CVE-2026-1975 is a vulnerability identified in Free5GC, an open-source 5G core network software, affecting versions 4.0 and 4.1.0. The flaw resides in the identityTriggerType function of the pfcp_reports.go file, where improper handling of input leads to a null pointer dereference. This results in a crash of the affected process, causing denial of service (DoS) conditions. The vulnerability can be triggered remotely without requiring authentication or user interaction, increasing its risk profile. The CVSS 4.0 base score is 6.9 (medium severity), reflecting the network attack vector, low complexity, and no privileges or user interaction needed. The impact is primarily on availability, as the null pointer dereference causes service interruption rather than data compromise. No known exploits have been observed in the wild yet, but a public exploit has been released, which could facilitate attacks. Free5GC is used by telecom operators, research labs, and enterprises experimenting with 5G core networks, making this vulnerability relevant to critical infrastructure. The lack of patch links in the provided data suggests that organizations should monitor official Free5GC channels for updates and apply patches as soon as they become available.
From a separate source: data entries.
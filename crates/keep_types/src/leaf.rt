/// Which language is read.
#[derive(Clone, Copy, Debug, PartialEq, Eq)]
pub enum Profile {
    /// TOML v1.0.0.
    Strict,
    /// TOML v1.0.0 with this project's own additions: newlines, comments and a last comma in inline tables, the
    /// escapes `\e` and `\xHH`, and times without seconds.
    Wide,
}

/// The kinds of leaves: the terminals of the grammar, by the names that TOML gives them.
#[derive(Clone, Copy, Debug, PartialEq, Eq)]
pub enum Leaf {
    /// The byte order mark EF BB BF, at the start of a document alone.
    Bom,
    /// `ws`: tabs and spaces.
    Ws,
    /// `newline`: LF or CR LF.
    Newline,
    /// `comment`: from `#` to the line's end.
    Comment,
    /// `unquoted-key`.
    BareKey,
    /// `basic-string`.
    Basic,
    /// `literal-string`.
    Literal,
    /// `ml-basic-string`.
    MlBasic,
    /// `ml-literal-string`.
    MlLiteral,
    /// `integer`, in 64 bits.
    Integer,
    /// `float`.
    Float,
    /// `boolean`.
    Boolean,
    /// `offset-date-time`.
    OffsetDateTime,
    /// `local-date-time`.
    LocalDateTime,
    /// `local-date`.
    LocalDate,
    /// `local-time`.
    LocalTime,
    /// `=` between a key and its value.
    Equals,
    /// `.` between the parts of a key.
    Dot,
    /// `,` between the items of an array and the keyvals of an inline table.
    Comma,
    /// `[` of a table's header.
    HeadOpen,
    /// `]` of a table's header.
    HeadClose,
    /// `[[` of an element's header.
    ElemOpen,
    /// `]]` of an element's header.
    ElemClose,
    /// `[` of an array.
    ArrayOpen,
    /// `]` of an array.
    ArrayClose,
    /// `{` of an inline table.
    InlineOpen,
    /// `}` of an inline table.
    InlineClose,
    /// The end of the document, with the empty text.
    End,
}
Additionally, network segmentation and filtering can reduce exposure to malicious traffic targeting this flaw.

For European organizations, this vulnerability poses a risk primarily to the availability of 5G core network services implemented using Free5GC. Disruption of 5G core functions can impact mobile network operators, enterprises relying on private 5G networks, and research institutions. Service outages could affect critical communications, IoT deployments, and industrial automation relying on 5G connectivity. Given the increasing adoption of 5G across Europe, any downtime or instability in core network components can have cascading effects on business operations and public services. The medium severity rating indicates that while the vulnerability is not immediately catastrophic, it can be leveraged to cause significant denial of service. The public exploit availability increases the urgency for European operators to address this issue proactively. Organizations without timely patching or adequate network protections may face increased risk of targeted attacks or opportunistic scanning by threat actors.

1. Monitor official Free5GC repositories and security advisories for patches addressing CVE-2026-1975 and apply them promptly once available. 2. Implement network-level filtering to restrict access to Free5GC management and control interfaces, allowing only trusted sources to communicate with these components. 3. Employ intrusion detection and prevention systems (IDS/IPS) tuned to detect anomalous PFCP traffic patterns that may indicate exploitation attempts. 4. Use network segmentation to isolate 5G core network components from general enterprise and internet-facing networks, minimizing exposure. 5. Conduct regular security assessments and penetration testing focused on 5G core infrastructure to identify and remediate vulnerabilities proactively. 6. Maintain robust logging and monitoring of Free5GC components to detect crashes or unusual behavior indicative of exploitation attempts. 7. Engage with the Free5GC open-source community and vendors to stay informed about emerging threats and mitigation best practices.